(Dataset entries)
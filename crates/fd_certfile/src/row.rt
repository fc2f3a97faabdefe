// Rows of an inverse, read into the cells of a matrix.
ghost use Rattle.std.specs.Prelude.{◌≡◌, ◌≤◌, ◌+◌, ◌-◌, ◌<◌, ◌++◌, ◌∷◌, [], ℤ, List, None, Some, length, true, false, IfOk, OnOk, IfSome, IfNone, pos};
ghost use Rattle.std.specs.List.{slice_split};
ghost use Rattle.std.specs.Option.{option_map};
ghost use Rattle.fd_certfile.specs.Blocks.{Sparse, is_place, is_zero, row_at};
ghost use Rattle.fd_lines.specs.Cuts.{texts_of};
ghost use Rattle.fd_certfile.specs.Lines.{is_blank};
ghost use Rattle.fd_lines.specs.Numbers.{numbers_of};
ghost use Rattle.fd_certfile.specs.Readings.{AreSteps, HasNext, IsNext, IsNoNext, IsPair, IsPut, IsUnput, PushesRow, entries_by, is_between, kept, row_in, zeros};
ghost use Rattle.fd_certfile.specs.Views.{view};

use crate::cells::Cells;
use crate::line::Line;
use crate::version::Version;
use fd_lines::{Fields, first, pair, short_pair};
use std::alloc::AllocError;

/// Whether a number is that of this place.
pub(crate) fn is_place(place: u128, number: i128) -> bool
    ensures { result ≡ is_place place number }
{
    number >= 0 && number as u128 == place
}

// Whether a number is that of a place from one on and below another.
fn is_between(from: u64, below: u64, number: i128) -> bool
    ensures { result ≡ is_between from below number }
{
    number >= 0 && number as u128 >= from as u128 && (number as u128) < below as u128
}

// Adds a number where numbers are kept.
fn push_kept(cells: &mut Cells, keep: bool, number: i128) -> Result<(), AllocError>
    ensures { OnOk result (cells.new ≡ cells.old ++ kept keep (number ∷ [])) }
{
    if keep {
        cells.push(number)?;
    }
    Ok(())
}

// Adds so many zeros.
fn push_zeros(cells: &mut Cells, count: u64) -> Result<(), AllocError>
    ensures { OnOk result (cells.new ≡ cells.old ++ zeros count) }
{
    for _zero in 0..count {
        cells.push(0)?;
    }
    Ok(())
}

// Adds so many zeros where numbers are kept.
fn push_gap(cells: &mut Cells, keep: bool, count: u64) -> Result<(), AllocError>
    ensures { OnOk result (cells.new ≡ cells.old ++ kept keep (zeros count)) }
{
    if keep {
        push_zeros(cells, count)?;
    }
    Ok(())
}

// Adds an entry at its place in a row of so many, where entries are kept, with zeros before it from the place on that
// comes next, and answers the place behind it; or none, where the entry is 0 or its place isn't one of those that are
// left.
fn push_pair(
    cells: &mut Cells,
    keep: bool,
    count: u64,
    next: u64,
    place: i128,
    entry: i128,
) -> Result<Option<u64>, AllocError>
    ensures some { IfOk result (λ o. IfSome o (λ behind. IsPut keep count next place entry behind cells.old cells.new)) }
    ensures none { IfOk result (λ o. IfNone o (IsUnput count next place entry)) }
{
    if entry == 0 || !is_between(next, count, place) {
        return Ok(None);
    }
    let place = place as u64;
    push_gap(cells, keep, place - next)?;
    push_kept(cells, keep, entry)?;
    Ok(Some(place + 1))
}

// The same of a place and an entry in 64 bits.
#[inline(always)]
fn push_short_pair(
    cells: &mut Cells,
    keep: bool,
    count: u64,
    next: u64,
    place: u64,
    entry: i64,
) -> Result<Option<u64>, AllocError>
    ensures some { IfOk result (λ o. IfSome o (λ behind. IsPut keep count next (pos place) entry behind cells.old cells.new)) }
    ensures none { IfOk result (λ o. IfNone o (IsUnput count next (pos place) entry)) }
{
    if entry == 0 || place < next || place >= count {
        return Ok(None);
    }
    if keep {
        push_zeros(cells, place - next)?;
        cells.push_short(entry)?;
    }
    Ok(Some(place + 1))
}

// Adds the entry behind the place that comes first in these fields, where entries are kept, and answers the place
// behind it and the other fields; or none, where there is none.
#[inline(never)]
fn push_long_pair<'a>(
    cells: &mut Cells,
    keep: bool,
    count: u64,
    next: u64,
    fields: Fields<'a>,
) -> Result<Option<(u64, Fields<'a>)>, AllocError>
    ensures some { IfOk result (λ o. IfSome o (λ p.
        IsPair keep count next cells.old cells.new
        (texts_of (option_map (λ t. t.now) fields.entry)) p.0 (texts_of (option_map (λ t. t.now) p.1)))) }
    ensures none { IfOk result (λ o. IfNone o (IsNoNext Sparse count next (texts_of (option_map (λ t. t.now) fields.entry)))) }
{
    match pair(fields) {
        Some((place, entry, more)) => match push_pair(cells, keep, count, next, place, entry)? {
            Some(behind) => Ok(Some((behind, more))),
            None => Ok(None),
        },
        None => Ok(None),
    }
}

// The same. It is inlined, so that the answer's room is made only where the call is.
#[inline(always)]
fn push_pair_apart<'a>(
    cells: &mut Cells,
    keep: bool,
    count: u64,
    next: u64,
    fields: Fields<'a>,
) -> Result<Option<(u64, Fields<'a>)>, AllocError>
    ensures some { IfOk result (λ o. IfSome o (λ p.
        IsPair keep count next cells.old cells.new
        (texts_of (option_map (λ t. t.now) fields.entry)) p.0 (texts_of (option_map (λ t. t.now) p.1)))) }
    ensures none { IfOk result (λ o. IfNone o (IsNoNext Sparse count next (texts_of (option_map (λ t. t.now) fields.entry)))) }
{
    push_long_pair(cells, keep, count, next, fields)
}

// The same of a text. A pair of few digits is read without looking for the end of the text.
#[inline(always)]
fn push_text_pair<'a>(
    cells: &mut Cells,
    keep: bool,
    count: u64,
    next: u64,
    text: &'a [u8],
) -> Result<Option<(u64, Fields<'a>)>, AllocError>
    ensures some { IfOk result (λ o. IfSome o (λ p.
        IsPair keep count next cells.old cells.new
        (slice_split is_blank text.now) p.0 (texts_of (option_map (λ t. t.now) p.1)))) }
    ensures none { IfOk result (λ o. IfNone o (IsNoNext Sparse count next (slice_split is_blank text.now))) }
{
    match short_pair(text) {
        Some((place, entry, more)) => {
            match push_short_pair(cells, keep, count, next, place, entry)? {
                Some(behind) => Ok(Some((behind, Some(more)))),
                None => Ok(None),
            }
        }
        None => push_pair_apart(cells, keep, count, next, Some(text)),
    }
}

// Adds the next entry of a row of so many in a version, where entries are kept, and answers the place behind it and
// the other fields; or none, where there is none. It stands at the place that comes next, or behind the place that is
// named, with zeros between.
#[inline(always)]
fn push_next<'a>(
    cells: &mut Cells,
    keep: bool,
    version: Version,
    count: u64,
    next: u64,
    fields: Fields<'a>,
) -> Result<Option<(u64, Fields<'a>)>, AllocError>
    requires { HasNext version count next }
    ensures some { IfOk result (λ o. IfSome o (λ p.
        IsNext version keep count next cells.old cells.new
        (texts_of (option_map (λ t. t.now) fields.entry)) p.0 (texts_of (option_map (λ t. t.now) p.1)))) }
    ensures none { IfOk result (λ o. IfNone o (IsNoNext version count next (texts_of (option_map (λ t. t.now) fields.entry)))) }
{
    match version {
        Version::Whole => match first(fields) {
            Some((entry, more)) => {
                push_kept(cells, keep, entry)?;
                Ok(Some((next + 1, more)))
            }
            None => Ok(None),
        },
        Version::Sparse => match fields {
            Some(text) => push_text_pair(cells, keep, count, next, text),
            None => Ok(None),
        },
    }
}

// Adds the entries of a row of so many that these fields have in a version, where entries are kept, and answers whether
// they have so many steps and no more: in version 1 each entry of the row, in version 2 pairs whose places rise, with
// no entry 0.
fn push_steps(
    cells: &mut Cells,
    keep: bool,
    version: Version,
    count: u64,
    steps: u64,
    fields: Fields<'_>,
) -> Result<bool, AllocError>
    requires { AreSteps version count steps }
    ensures { IfOk result (λ ok.
        PushesRow keep cells.old cells.new ok
        (entries_by version count steps (numbers_of (texts_of (option_map (λ t. t.now) fields.entry))))) }
{
    let mut rest = fields;
    let mut next = 0;
    for _step in 0..steps {
        let Some((behind, more)) = push_next(cells, keep, version, count, next, rest)? else {
            return Ok(false);
        };
        next = behind;
        rest = more;
    }
    match rest {
        Some(_) => Ok(false),
        None => {
            push_gap(cells, keep, count - next)?;
            Ok(true)
        }
    }
}

// The same of fields of which the first is the number of pairs.
fn push_counted(
    cells: &mut Cells,
    keep: bool,
    count: u64,
    fields: Fields<'_>,
) -> Result<bool, AllocError>
    ensures { IfOk result (λ ok.
        PushesRow keep cells.old cells.new ok
        (row_in Sparse count (numbers_of (texts_of (option_map (λ t. t.now) fields.entry))))) }
{
    match first(fields) {
        Some((pairs, named)) => match u64::try_from(pairs) {
            Ok(pairs) => push_steps(cells, keep, Version::Sparse, count, pairs, named),
            Err(_) => Ok(false),
        },
        None => Ok(false),
    }
}

// Adds the entries of a row of so many that these fields have in a version, where entries are kept, and answers whether
// they have one.
fn push_fields(
    cells: &mut Cells,
    keep: bool,
    version: Version,
    count: u64,
    fields: Fields<'_>,
) -> Result<bool, AllocError>
    ensures { IfOk result (λ ok.
        PushesRow keep cells.old cells.new ok
        (row_in version count (numbers_of (texts_of (option_map (λ t. t.now) fields.entry))))) }
{
    match version {
        Version::Whole => push_steps(cells, keep, version, count, count, fields),
        Version::Sparse => push_counted(cells, keep, count, fields),
    }
}

/// Adds the entries of the row at this place, where they are kept, and answers whether the line is such a row in a
/// version.
pub(crate) fn push_row(
    cells: &mut Cells,
    keep: bool,
    version: Version,
    count: u64,
    place: u128,
    line: &Line<'_>,
) -> Result<bool, AllocError>
    ensures { IfOk result (λ ok. PushesRow keep cells.old cells.new ok (row_at version count place (view line.now))) }
{
    let Line::Row(fields) = line else {
        return Ok(false);
    };
    match first(*fields) {
        Some((number, entries)) => {
            if !is_place(place, number) {
                return Ok(false);
            }
            push_fields(cells, keep, version, count, entries)
        }
        None => Ok(false),
    }
}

## What to work on:
"return" is the string to look for; please copy every line of the records above where it appears.

## Reply to the exercise:
        return Ok(None);
        return Ok(None);
            return Ok(false);
        return Ok(false);
                return Ok(false);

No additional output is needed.